KalVista Pharmaceuticals, Inc. reported its financial results for the quarter ending July 31, 2025, revealing a significant milestone as the company generated product revenue for the first time, totaling $1.4 million. This revenue was attributed to the recent FDA approval of EKTERLY® (sebetralstat), an oral therapy for hereditary angioedema (HAE), which was launched in the U.S. on July 3, 2025. In contrast, the company had no product revenue in the same quarter of the previous year. However, KalVista incurred a net loss of $60.1 million for the quarter, compared to a net loss of $40.4 million in the prior year, reflecting increased operational expenses associated with the product launch and ongoing research and development activities.

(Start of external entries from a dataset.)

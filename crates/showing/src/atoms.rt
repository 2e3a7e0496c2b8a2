// How many atoms a book has, and which of them have no rule: such an atom is in no reading, and may
// be a slip of the pen.
use book::ReadBook;
use meaning::{Bits, Colouring};
use talk::{Line, put_called};

// The atoms of the book that the table has, each behind a space, or `none`.
fn put_list(names: &[u8], bare: &[bool], line: &mut Line) {
    if !bare.contains(&true) {
        line.text(b" none");
    }
    for (a, is_bare) in (0..255u8).zip(bare) {
        if *is_bare {
            line.text(b" ");
            put_called(names, a, line);
        }
    }
}

// Writes `atoms A, without a rule:`, the atoms without one, and the line end.
pub fn show_atoms(rt: &impl Print, book: &ReadBook, names: &[u8]) {
    let atoms = book.shape.atoms;
    let mut bare = [false; Colouring::ATOMS];
    book.lost_in(&Bits::EMPTY, &mut bare);
    let mut room = [0u8; 67584];
    let mut line = Line::new(&mut room);
    line.text(b"atoms ");
    line.number(atoms as u64);
    line.text(b", without a rule:");
    put_list(names, &bare[..atoms as usize], &mut line);
    line.text(b"\n");
    line.print(rt);
}
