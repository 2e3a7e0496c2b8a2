// Two books joined into one.
ghost use Rattle.std.specs.Prelude.{◌≡◌, ℕ};
ghost use Rattle.meaning.specs.Told.{Answered};
ghost use Rattle.book.specs.ReadBook.{the_book};
ghost use Rattle.crews.specs.Join.{told, join_in, join_of};

use crate::answer::Unjoined;
use crate::lay::lay_out;
use book::{BOOK_BYTES, ReadBook, copy_front};

// The joined book of two good books.
fn join_good(first: &ReadBook, second: &ReadBook, out: &mut [u8]) -> Result<usize, Unjoined>
    ensures { ◌≡◌ {A = Answered ℕ} (record { told = told result; buffer = out.new })
        (join_in (the_book first.now) (the_book second.now) out.old) }
{
    let mut draft = [0u8; BOOK_BYTES];
    let n = lay_out(first, second, out.len(), &mut draft)?;
    copy_front(&draft[..n], out);
    Ok(n)
}

// Writes the joined book to the front of the buffer, or says why not; its length.
pub fn join(first: &[u8], second: &[u8], out: &mut [u8]) -> Result<usize, Unjoined>
    ensures { ◌≡◌ {A = Answered ℕ} (record { told = told result; buffer = out.new })
        (join_of first.now second.now out.old) }
{
    let one = ReadBook::read(first).map_err(Unjoined::First)?;
    let two = ReadBook::read(second).map_err(Unjoined::Second)?;
    join_good(&one, &two, out)
}
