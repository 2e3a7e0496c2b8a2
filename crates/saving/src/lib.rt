// Saving a file whole or not at all. What stands at its place is handed out first, so that the
// program that saves can ask whether it may give way; what is no file never does. What gives way to
// a book is told here, for all programs that save one. Stands on talk and book.
//
// No contract can say what a file holds or what is written to it: the comments do.
#![tactic(auto)]

mod argument;
mod book_file;
mod place;
mod save;

pub use argument::{is_replacing, is_right, take_path};
pub use book_file::save_book;
pub use place::{Forbidden, look_at};
pub use save::save_file;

Total operating expenses for the quarter were $60.4 million, up from $44.2 million in the same period last year. The increase was primarily driven by a rise in selling, general, and administrative expenses, which surged to $44.7 million from $17.6 million, as the company ramped up its commercialization efforts for EKTERLY. Research and development expenses decreased to $15.2 million from $26.6 million, largely due to reduced spending on the product and other R&D activities. The company’s accumulated deficit as of July 31, 2025, stood at $713.3 million, with total assets of $215.5 million, down from $250.8 million at the end of April 2025.
KalVista's operational developments included the successful launch of EKTERLY, which is now the first oral, on-demand therapy for HAE, a significant advancement in treatment options for patients. The company also entered into a License, Supply and Distribution Agreement with Kaken Pharmaceutical Co., Ltd. for exclusive commercialization rights in Japan, receiving an upfront payment of $11 million. Additionally, the company received a $22 million milestone payment from DRI Healthcare Acquisitions LP following the FDA approval of EKTERLY, which increased the royalty rate on net sales.
In terms of liquidity, KalVista reported cash and cash equivalents of $124.3 million as of July 31, 2025, down from $131.6 million at the end of April 2025. The company anticipates that its existing capital resources will be sufficient to fund operations for at least the next twelve months. KalVista has also established a sales agreement allowing it to offer up to $100 million in common stock, although no shares were sold under this agreement during the reported quarter. The company expects to continue incurring losses as it commercializes EKTERLY and develops additional product candidates.
Looking ahead, KalVista remains focused on expanding the market presence of EKTERLY and pursuing regulatory approvals in other regions, including Europe and Japan. The company is also committed to advancing its pipeline of therapies for rare diseases, while managing the financial implications of its ongoing operational expenditures.
About KalVista Pharmaceuticals, Inc.
KalVista Pharmaceuticals is a biopharmaceutical company focused on developing oral therapies for rare diseases, primarily hereditary angioedema (HAE). Its flagship product, EKTERLY (sebetralstat), is an oral on-demand treatment for HAE attacks, targeting plasma kallikrein. The company advances its pipeline through research, strategic licensing, and global regulatory efforts, competing with established biotech and pharma firms in the rare disease space. It emphasizes innovation, intellectual property, and global commercialization.